BEGIN Records for the exercise
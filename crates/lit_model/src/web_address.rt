//! Addresses that a web page may link to.

ghost use Rattle.std.specs.Prelude.{IfOk, IsTrue, ◌↔◌};
ghost use Rattle.lit_model.specs.WebAddress.{BeginsWith, IsWebAddress};

use csl_common::Memory;
use std::alloc::Global;
use url::{ParseError, Url};

/// Whether a text begins so, letters in either case, after any ASCII white space.
fn begins_with(text: &str, start: &str) -> bool
    ensures { IsTrue result ↔ BeginsWith start.now text.now }
{
    let text = text.trim_ascii_start().as_bytes();
    match text.split_at_checked(start.len()) {
        Some((begin, _)) => begin.eq_ignore_ascii_case(start.as_bytes()),
        None => false,
    }
}

/// Whether a text is an absolute address with a host of its own, whose scheme is `http` or `https`,
/// as the URL Standard's parser reads it. `https:x.y` is none: a page of `https` reads it as a path
/// of its own site.
///
/// # Errors
/// [`Memory`]: out of memory, or the address is larger than 4 GB.
pub fn is_web_address(alloc: Global, text: &str) -> Result<bool, Memory>
    ensures { IfOk result (λ is_web. IsTrue is_web ↔ IsWebAddress text.now) }
{
    if !begins_with(text, "http://") && !begins_with(text, "https://") {
        return Ok(false);
    }
    match Url::parse(alloc, text) {
        Ok(url) => Ok(matches!(url.scheme(), "http" | "https")),
        Err(ParseError::OutOfMemory | ParseError::Overflow) => Err(Memory),
        Err(_) => Ok(false),
    }
}
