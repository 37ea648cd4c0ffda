// How a program speaks and reads: words on standard error under the command that was typed, refusals on standard
// output, a status for the front door, the words that it was called with, and files read piece by piece. What comes of
// a call is the system's to say, so contracts here say only what a caller needs.
#![tactic(auto)]

pub mod address;
pub mod again;
pub mod arguments;
pub mod input;
pub mod opened;
pub mod reason;
pub mod say;
pub mod shown;
pub mod spool;
pub mod status;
END Records for the exercise
Assigned task: Search the material above for the string "Rattle", and copy every line in which it turns up.

Response to this task:
ghost use Rattle.std.specs.Prelude.{IfOk, IsTrue, ◌↔◌};
ghost use Rattle.lit_model.specs.WebAddress.{BeginsWith, IsWebAddress};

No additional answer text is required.